The MATCH List is a Mastercard-maintained database of merchants and their owners whose merchant accounts have been terminated by an acquiring bank for cause. It is used by acquirers and processors during merchant underwriting to identify applicants with a history of serious processing violations.
Diving Deeper into MATCH List
The MATCH List, which stands for Member Alert to Control High-Risk Merchants, was developed by Mastercard as a shared risk management tool for the acquiring community. Before its existence, an acquirer that terminated a merchant for fraud or excessive chargebacks had no reliable way to communicate that termination to other acquirers. A bad actor could simply apply to a new processor, obtain a fresh merchant account, and continue the same problematic behavior with no visibility into their history. The MATCH List closed that gap by creating a centralized, network-accessible record of terminated merchants that any participating acquirer can query during underwriting.
The MATCH List operates under formal Mastercard rules. When an acquirer terminates a merchant account for a qualifying reason, they are required to add the merchant to the MATCH List within a defined timeframe. The entry includes the merchant’s business name, address, and principal owner information, meaning that the owners themselves, not just the business entity, are listed. This is a critical detail: a merchant who closes one business and opens another under a different name will still be identified if the same principal is listed on the new application.
There are 14 reason codes that can trigger a MATCH listing, and they vary significantly in severity. Reason Code 4 covers excessive chargebacks, defined as a chargeback-to-transaction ratio exceeding 1% in any single month. Reason Codes 7 and 8 cover fraud, including situations where the merchant was found to have facilitated or participated in fraudulent transactions. Reason Code 9 covers money laundering, one of the most serious listings, and is nearly impossible to overcome with future acquirers. Reason Code 12 covers PCI DSS non-compliance following a data breach. Other codes cover violations such as illegal transactions, collusion, and bankruptcy. The reason code attached to a MATCH listing heavily influences how future acquirers respond to an application from that merchant.
A MATCH listing does not automatically disqualify a merchant from obtaining a new processing account, but it dramatically narrows the field of willing acquirers and changes the terms of any relationship that can be established.

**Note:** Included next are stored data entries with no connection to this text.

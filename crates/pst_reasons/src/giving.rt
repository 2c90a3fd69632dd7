// Spans that are given to variables, and taken back.
ghost use Rattle.std.specs.Prelude.{◌≡◌, ◌<◌, ◌≤ℤ◌, length, map, IfOk, OnOk, OnErr};
ghost use Rattle.pst_expr.specs.Tree.{view};
ghost use Rattle.pst_domain.specs.Bounds.{AreUpright};
ghost use Rattle.pst_narrow.specs.Narrowing.{HaveVariablesBelow};
ghost use Rattle.pst_reasons.specs.Giving.{IsKept, Begins, Gives, IsTakenBack, IsNotedGiven, IsSame, IsUnsettled, IsNarrower, Settles, CanGoBack, IsBack};

use crate::firsts::{forget_changes, note_changes};
use crate::marks::Marks;
use crate::reasons::Narrowed;
use crate::settling::settle;
use crate::step::{Cause, Given, Mark, Step};
use pst_base::NoMemory;
use pst_domain::Bounds;
use pst_expr::{Expr, Span};
use pst_narrow::{Trail, Watch, others_dont_matter};
use std::alloc::Global;
use std::mem;

impl Narrowed {
    /// Bounds narrowed by all constraints, where no variable was given a span yet. `None` where no values within the
    /// bounds meet all constraints.
    pub fn new(
        alloc: Global,
        constraints: Vec<Expr>,
        bounds: Bounds,
    ) -> Result<Option<Narrowed>, NoMemory>
        requires upright { AreUpright bounds }
        requires variables { HaveVariablesBelow (length bounds) (map view constraints.items) }
        ensures { IfOk result (λ begun. Begins constraints.items bounds begun) }
    {
        let mut bounds = bounds;
        let mut trail = Trail::new(alloc);
        let watch = Watch::new(alloc, &constraints, bounds.spans().len())?;
        if !watch.narrow(&constraints, &mut bounds, &mut trail)? {
            return Ok(None);
        }
        let firsts = Vec::from_elem(alloc, usize::MAX, bounds.spans().len())?;
        Ok(Some(Narrowed {
            constraints,
            watch,
            bounds,
            trail: Trail::new(alloc),
            steps: Vec::new(alloc),
            given: Vec::new(alloc),
            marks: Vec::new(alloc),
            firsts,
            flags: Marks::new(alloc),
        }))
    }

    // Notes a span that a variable is given. At `NoMemory` nothing changes.
    fn note_given(&mut self, variable: u32, span: Span) -> Result<(), NoMemory>
        requires { variable < length self.old.bounds }
        ensures noted { OnOk result (IsNotedGiven self.old self.new variable span) }
        ensures same { OnErr result (IsSame self.old self.new) }
    {
        if self.given.len() > u32::MAX as usize {
            return Err(NoMemory);
        }
        let place = self.given.len() as u32;
        let mark = self.trail.mark();
        let steps = self.steps.len();
        self.given.reserve(1)?;
        self.steps.reserve(1)?;
        self.marks.reserve(1)?;
        self.trail.set(variable, Some(span), &mut self.bounds)?;
        self.given.push_reserved(Given { variable, span });
        self.steps.push_reserved(Step {
            cause: Cause::Given(place),
            mark,
        });
        self.marks.push_reserved(Mark { trail: mark, steps });
        Ok(())
    }

    // Narrows by what was changed from a mark of the trail on; places of the spans given where a constraint can't hold.
    fn settle_from(&mut self, alloc: Global, mark: usize) -> Result<Option<Vec<u32>>, NoMemory>
        requires { IsUnsettled self.old mark }
        ensures narrower { IsNarrower self.old self.new }
        ensures settles { IfOk result (λ found. Settles found self.old self.new) }
    {
        let found = settle(
            &self.constraints,
            &self.watch,
            mark,
            &mut self.bounds,
            &mut self.trail,
            &mut self.steps,
        )?;
        note_changes(&mut self.firsts, self.trail.formers(), mark);
        match found {
            None => Ok(None),
            Some(failed) => {
                let mut flags = mem::replace(&mut self.flags, Marks::new(alloc));
                let places = self.reasons(alloc, failed, &mut flags)?;
                self.flags = flags;
                Ok(Some(places))
            }
        }
    }

    // Takes what came since the last mark back.
    fn go_back(&mut self)
        requires some { 0 < length self.old.marks.items }
        requires can { CanGoBack self.old }
        ensures { IsBack self.old self.new }
    {
        let Some(mark) = self.marks.pop() else {
            return;
        };
        forget_changes(&mut self.firsts, self.trail.formers(), mark.trail);
        self.trail.undo(mark.trail, &mut self.bounds);
        self.steps.truncate(mark.steps);
        self.given.truncate(self.marks.len());
    }

    /// Gives a variable a span, and narrows by what that moves. `None` where it fits. Else it isn't given: places of
    /// the spans given, its own among them where it matters, on which it rests that it doesn't fit. At `NoMemory` it
    /// isn't given either.
    pub fn give(
        &mut self,
        alloc: Global,
        variable: u32,
        span: Span,
    ) -> Result<Option<Vec<u32>>, NoMemory>
        requires kept { IsKept self.old }
        requires variable { variable < length self.old.bounds }
        requires span { span.low ≤ℤ span.high }
        ensures { Gives result self.old self.new variable span }
    {
        others_dont_matter();
        let mark = self.trail.mark();
        self.note_given(variable, span)?;
        match self.settle_from(alloc, mark) {
            Ok(None) => Ok(None),
            Ok(Some(places)) => {
                self.go_back();
                Ok(Some(places))
            }
            Err(error) => {
                self.go_back();
                Err(error)
            }
        }
    }

    /// Takes the last span that was given back. It takes no memory.
    pub fn take_back(&mut self)
        requires kept { IsKept self.old }
        requires some { 0 < length self.old.given.items }
        ensures { IsTakenBack self.old self.new }
    {
        self.go_back();
    }
}
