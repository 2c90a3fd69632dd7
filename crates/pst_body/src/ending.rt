//! Why a body didn't end.
ghost use Rattle.std.specs.Prelude.{◌≡◌};
ghost use Rattle.pst_body.specs.declared.ending.BodyEnd.TheVariants.{NoMemory as OutOfMemory};

use pst_base::NoMemory;
use std::alloc::AllocError;

/// Why a body didn't end.
#[derive(Clone, Copy, Debug, PartialEq, Eq)]
pub enum BodyEnd {
    /// The lane failed, and its count of faults has risen, or stands at its last value.
    Fault {
        /// The number of the call that failed among the calls of this body, counted from 1.
        call: u32,
    },
    /// The body trapped.
    Trap {
        /// 1 where an expression has no value or a count of turns is negative, 2 where a value is outside the range of a
        /// local, a parameter or a function's answer, 3 at the 1,001st statement or turn.
        kind: u8,
    },
    /// Memory ran out.
    NoMemory,
}

impl From<NoMemory> for BodyEnd {
    ghost from_gives = { λ _ end. end ≡ OutOfMemory };

    fn from(_error: NoMemory) -> BodyEnd {
        BodyEnd::NoMemory
    }
}

impl From<AllocError> for BodyEnd {
    ghost from_gives = { λ _ end. end ≡ OutOfMemory };

    fn from(_error: AllocError) -> BodyEnd {
        BodyEnd::NoMemory
    }
}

Most mainstream acquiring banks will decline a MATCH-listed merchant outright regardless of the reason code. Specialized high-risk processors may be willing to work with MATCH-listed merchants depending on the nature and age of the listing, but will typically impose significantly higher rates, larger reserves, lower volume caps, and more intensive monitoring as a condition of approval.

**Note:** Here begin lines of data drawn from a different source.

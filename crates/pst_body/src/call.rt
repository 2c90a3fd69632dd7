//! Calls of functions of the lane.
ghost use Rattle.std.specs.Prelude.{◌≡◌, ◌<◌, ◌≤◌, ◌+◌, [], ℤ, List, length, map, slice_get, All, Option, Some, None, IsSome, MatchResult};
ghost use Rattle.pst_model.specs.Limits.{most_parameters};
ghost use Rattle.pst_model.specs.ConstraintTree.{view_constraint};
ghost use Rattle.pst_model.specs.ModelView.{view_model, view_function, view_source};
ghost use Rattle.pst_legal.specs.Body.{State, Outcome, Traps, within as within_of, answered, tested as tested_of, call as call_of, source as source_of, value_now};
ghost use Rattle.pst_body.specs.Sites.{place_of};
ghost use Rattle.pst_body.specs.Stores.{state_of};
ghost use Rattle.pst_body.specs.Doing.{Gave};
ghost use Rattle.pst_body.specs.Ready.{CanEvaluate, CanCall, CanGet};
ghost use Rattle.pst_body.specs.Passing.{Passed, PassedOne};

use crate::ending::BodyEnd;
use crate::memory::Memory;
use crate::site::Site;
use crate::turns::Turns;
use pst_expr::Span;
use pst_model::{Constraint, Function, Model, Source};
use pst_target::{CallEnd, Target};

/// The value of an expression; where it has none the body traps.
pub(crate) fn read(
    site: &Site<'_>,
    turns: &Turns<'_>,
    memory: &mut Memory,
    constraint: &Constraint,
) -> Result<i64, BodyEnd>
    requires { CanEvaluate memory.old.room (view_constraint constraint.now) }
    ensures value { MatchResult result
        (λ v. value_now (place_of site.now turns.now) (state_of memory.old []) (view_constraint constraint.now) ≡ Some v)
        (λ end. (value_now (place_of site.now turns.now) (state_of memory.old []) (view_constraint constraint.now) ≡ None) × (end ≡ BodyEnd.Trap 1)) }
    ensures same { memory.new ≡ memory.old }
{
    match memory.value(site, turns, constraint) {
        Some(value) => Ok(value),
        None => Err(BodyEnd::Trap { kind: 1 }),
    }
}

/// Tests a value against a range.
pub(crate) fn test_range(range: Span, value: i64) -> Result<(), BodyEnd>
    ensures { MatchResult result
        (λ _. (state : State) (go : Outcome) → within_of state range value go ≡ go)
        (λ end. (end ≡ BodyEnd.Trap 2) × ((state : State) (go : Outcome) → within_of state range value go ≡ Traps 2 state.left)) }
{
    if value < range.low || value > range.high {
        return Err(BodyEnd::Trap { kind: 2 });
    }
    Ok(())
}

/// Tests the answer of a function against its range, if it has one.
fn test_answer(range: Option<Span>, answer: i64) -> Result<(), BodyEnd>
    ensures { MatchResult result
        (λ _. (state : State) (go : Outcome) → tested_of range answer state go ≡ go)
        (λ end. (end ≡ BodyEnd.Trap 2) × ((state : State) (go : Outcome) → tested_of range answer state go ≡ Traps 2 state.left)) }
{
    match range {
        Some(range) => test_range(range, answer),
        None => Ok(()),
    }
}

/// Evaluates the next argument and tests it.
fn pass_argument(
    site: &Site<'_>,
    turns: &Turns<'_>,
    memory: &mut Memory,
    argument: &Constraint,
    range: Span,
) -> Result<(), BodyEnd>
    requires ready { CanEvaluate memory.old.room (view_constraint argument.now) }
    requires few { length memory.old.arguments < most_parameters }
    ensures { PassedOne (place_of site.now turns.now) (view_constraint argument.now) range memory.old memory.new result }
{
    let value = read(site, turns, memory, argument)?;
    test_range(range, value)?;
    memory.add_argument(value);
    Ok(())
}

/// Evaluates the arguments of a call from left to right, each tested against its parameter's range before the next.
fn pass_arguments(
    site: &Site<'_>,
    turns: &Turns<'_>,
    memory: &mut Memory,
    arguments: &[Constraint],
    ranges: &[Span],
) -> Result<(), BodyEnd>
    requires many { length arguments.now ≡ length ranges.now }
    requires few { length arguments.now ≤ most_parameters }
    requires each { All (CanEvaluate memory.old.room) (map view_constraint arguments.now) }
    ensures { Passed (place_of site.now turns.now) (map view_constraint arguments.now) ranges.now memory.old memory.new result }
{
    memory.clear_arguments();
    for i in 0..arguments.len() {
        pass_argument(site, turns, memory, &arguments[i], ranges[i])?;
    }
    Ok(())
}

/// Calls a function of the lane with the arguments that were passed.
fn ask<T: Target>(memory: &mut Memory, lane: &mut T, function: u32) -> Result<i64, BodyEnd>
    requires { memory.old.calls < memory.old.count }
    ensures { Gave (λ go state. answered state function memory.old.arguments state.left go) memory.old memory.new (T.calls lane.old) (T.calls lane.new) (T.faults lane.old) (T.faults lane.new) result }
{
    let call = memory.calls() + 1;
    match lane.call(function, memory.arguments()) {
        Ok(answer) => {
            memory.count_call();
            Ok(answer)
        }
        Err(CallEnd::Failed) => Err(BodyEnd::Fault { call }),
        Err(CallEnd::NoMemory) => Err(BodyEnd::NoMemory),
    }
}

/// The function of that number.
fn function_at<'a>(model: &'a Model, function: u32) -> &'a Function
    requires { IsSome (slice_get (map view_function model.now.functions.items) function) }
    ensures { slice_get (map view_function model.now.functions.items) function ≡ Some (view_function result.now) }
{
    match model.functions.get(function as usize) {
        Some(found) => found,
        None => unreachable!(),
    }
}

/// Makes a call, and tests its answer.
pub(crate) fn call<T: Target>(
    site: &Site<'_>,
    turns: &Turns<'_>,
    memory: &mut Memory,
    lane: &mut T,
    function: u32,
    arguments: &[Constraint],
) -> Result<i64, BodyEnd>
    requires ready { CanCall (view_model site.now.model.now) memory.old.room function (map view_constraint arguments.now) }
    requires few { memory.old.calls < memory.old.count }
    ensures { Gave (λ go state. call_of (place_of site.now turns.now) state function (map view_constraint arguments.now) go) memory.old memory.new (T.calls lane.old) (T.calls lane.new) (T.faults lane.old) (T.faults lane.new) result }
{
    let found = function_at(site.model, function);
    pass_arguments(site, turns, memory, arguments, found.parameters.as_slice())?;
    let answer = ask(memory, lane, function)?;
    test_answer(found.answer, answer)?;
    Ok(answer)
}

/// The value that a local is set to.
pub(crate) fn value_from<T: Target>(
    site: &Site<'_>,
    turns: &Turns<'_>,
    memory: &mut Memory,
    lane: &mut T,
    source: &Source,
) -> Result<i64, BodyEnd>
    requires ready { CanGet (view_model site.now.model.now) memory.old.room (view_source source.now) }
    requires few { memory.old.calls < memory.old.count }
    ensures { Gave (λ go state. source_of (place_of site.now turns.now) state (view_source source.now) go) memory.old memory.new (T.calls lane.old) (T.calls lane.new) (T.faults lane.old) (T.faults lane.new) result }
{
    match source {
        Source::Value(expression) => read(site, turns, memory, expression),
        Source::Answer {
            function,
            arguments,
        } => call(site, turns, memory, lane, *function, arguments.as_slice()),
    }
}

MATCH records remain on file for five years from the date the entry was added. After five years, the record is automatically purged. Merchants who believe they were listed incorrectly, either because the listing was made in error or because the reason code does not accurately reflect the circumstances of the termination, can request removal through the acquirer that added them. However, the original acquirer is under no obligation to remove an accurate entry, and disputes are difficult to resolve without legal intervention. In cases where a merchant believes the listing was retaliatory or factually wrong, engaging a payments attorney is often the most viable path.

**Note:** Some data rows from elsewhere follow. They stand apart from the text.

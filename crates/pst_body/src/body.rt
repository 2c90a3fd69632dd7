//! The run of a body.
ghost use Rattle.std.specs.Prelude.{◌≡◌, ◌<◌, Some, IsSome, length, map, slice_get};
ghost use Rattle.std.specs.List.{flat_map};
ghost use Rattle.pst_model.specs.ModelView.{view_model, view_action, view_body_step};
ghost use Rattle.pst_model.specs.Sound.{IsSound};
ghost use Rattle.pst_legal.specs.Body.{ranges_in, steps_run, body_of, body_run};
ghost use Rattle.pst_body.specs.Ready.{AreReady};
ghost use Rattle.pst_body.specs.Ran.{HasTypes, Ran};

use crate::ending::BodyEnd;
use crate::memory::Memory;
use crate::need::{add_ranges, most_in_steps};
use crate::site::Site;
use crate::step::run_steps;
use crate::turns::Turns;
use pst_model::{ActionType, BodyStep, Content, Model};
use pst_scen::{Act, Scenario};
use pst_target::Target;
use std::alloc::Global;

/// Runs the steps of the body of an action. Its memory is taken here.
fn run_at<T: Target>(
    alloc: Global,
    site: &Site<'_>,
    steps: &[BodyStep],
    lane: &mut T,
) -> Result<(), BodyEnd>
    requires { AreReady (view_model site.now.model.now) (length site.now.ranges.now) (map view_body_step steps.now) }
    ensures { Ran (λ calls. steps_run (view_model site.now.model.now) site.now.scenario.now calls site.now.number site.now.act.now (map view_body_step steps.now) site.now.ranges.now) (T.calls lane.old) (T.calls lane.new) (T.faults lane.old) (T.faults lane.new) result }
{
    let mut memory = Memory::new(alloc, site.ranges.len(), most_in_steps(steps))?;
    run_steps(steps, site, &Turns::Nothing, &mut memory, lane)
}

/// Runs the body of an atomic action that has these steps.
fn run_steps_of<T: Target>(
    alloc: Global,
    model: &Model,
    scenario: &Scenario,
    number: u32,
    act: &Act,
    steps: &[BodyStep],
    lane: &mut T,
) -> Result<(), BodyEnd>
    requires { AreReady (view_model model.now) (length (flat_map ranges_in (map view_body_step steps.now))) (map view_body_step steps.now) }
    ensures { Ran (λ calls. body_of (view_model model.now) scenario.now calls number act.now (map view_body_step steps.now)) (T.calls lane.old) (T.calls lane.new) (T.faults lane.old) (T.faults lane.new) result }
{
    let mut ranges = Vec::new(alloc);
    add_ranges(&mut ranges, steps)?;
    let site = Site {
        model,
        scenario,
        number,
        act,
        ranges: ranges.as_slice(),
    };
    run_at(alloc, &site, steps, lane)
}

/// The action of that number.
fn act_at(scenario: &Scenario, act: u32) -> &Act
    requires { act < length scenario.now.actions }
    ensures { slice_get scenario.now.actions act ≡ Some result.now }
{
    match scenario.actions.as_slice().get(act as usize) {
        Some(found) => found,
        None => unreachable!(),
    }
}

/// The action type of that number.
fn type_at(model: &Model, number: u32) -> &ActionType
    requires { IsSome (slice_get (map view_action model.now.actions.items) number) }
    ensures { slice_get (map view_action model.now.actions.items) number ≡ Some (view_action result.now) }
{
    match model.actions.get(number as usize) {
        Some(found) => found,
        None => unreachable!(),
    }
}

/// Runs the body of an action of the scenario on a lane.
///
/// The model is sound, and each action of the scenario is of a type that there is. The body is run as `body_run` of
/// `pst_legal` says, with the lane's answers: it ends, it traps, the lane fails at one of its calls, or memory runs out. In
/// each case the calls that were answered stay in the lane's list, behind those before. All memory is taken before the body
/// begins, except what the lane takes for its calls.
pub fn run_body<T: Target>(
    alloc: Global,
    model: &Model,
    scenario: &Scenario,
    act: u32,
    lane: &mut T,
) -> Result<(), BodyEnd>
    requires sound { IsSound (view_model model.now) }
    requires types { HasTypes (view_model model.now) scenario.now }
    requires inside { act < length scenario.now.actions }
    ensures { Ran (body_run (view_model model.now) scenario.now act) (T.calls lane.old) (T.calls lane.new) (T.faults lane.old) (T.faults lane.new) result }
{
    let found = act_at(scenario, act);
    let action = type_at(model, found.action);
    match &action.content {
        Content::Atomic(body) => {
            let steps = body.as_slice();
            run_steps_of(alloc, model, scenario, act, found, steps, lane)
        }
        Content::Compound(_) => Ok(()),
    }
}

For ISOs and agents, checking the MATCH List before submitting a merchant application is standard practice and in many cases required under their processing agreements. Submitting an application for a MATCH-listed merchant without disclosing the listing to the acquiring bank can jeopardize the ISO’s own relationship with that acquirer and potentially trigger their own contractual penalties. Experienced agents use MATCH screening as part of their standard pre-qualification process, setting expectations with prospective merchants early and directing MATCH-listed applicants to the appropriate high-risk channels rather than wasting time on applications that will be declined.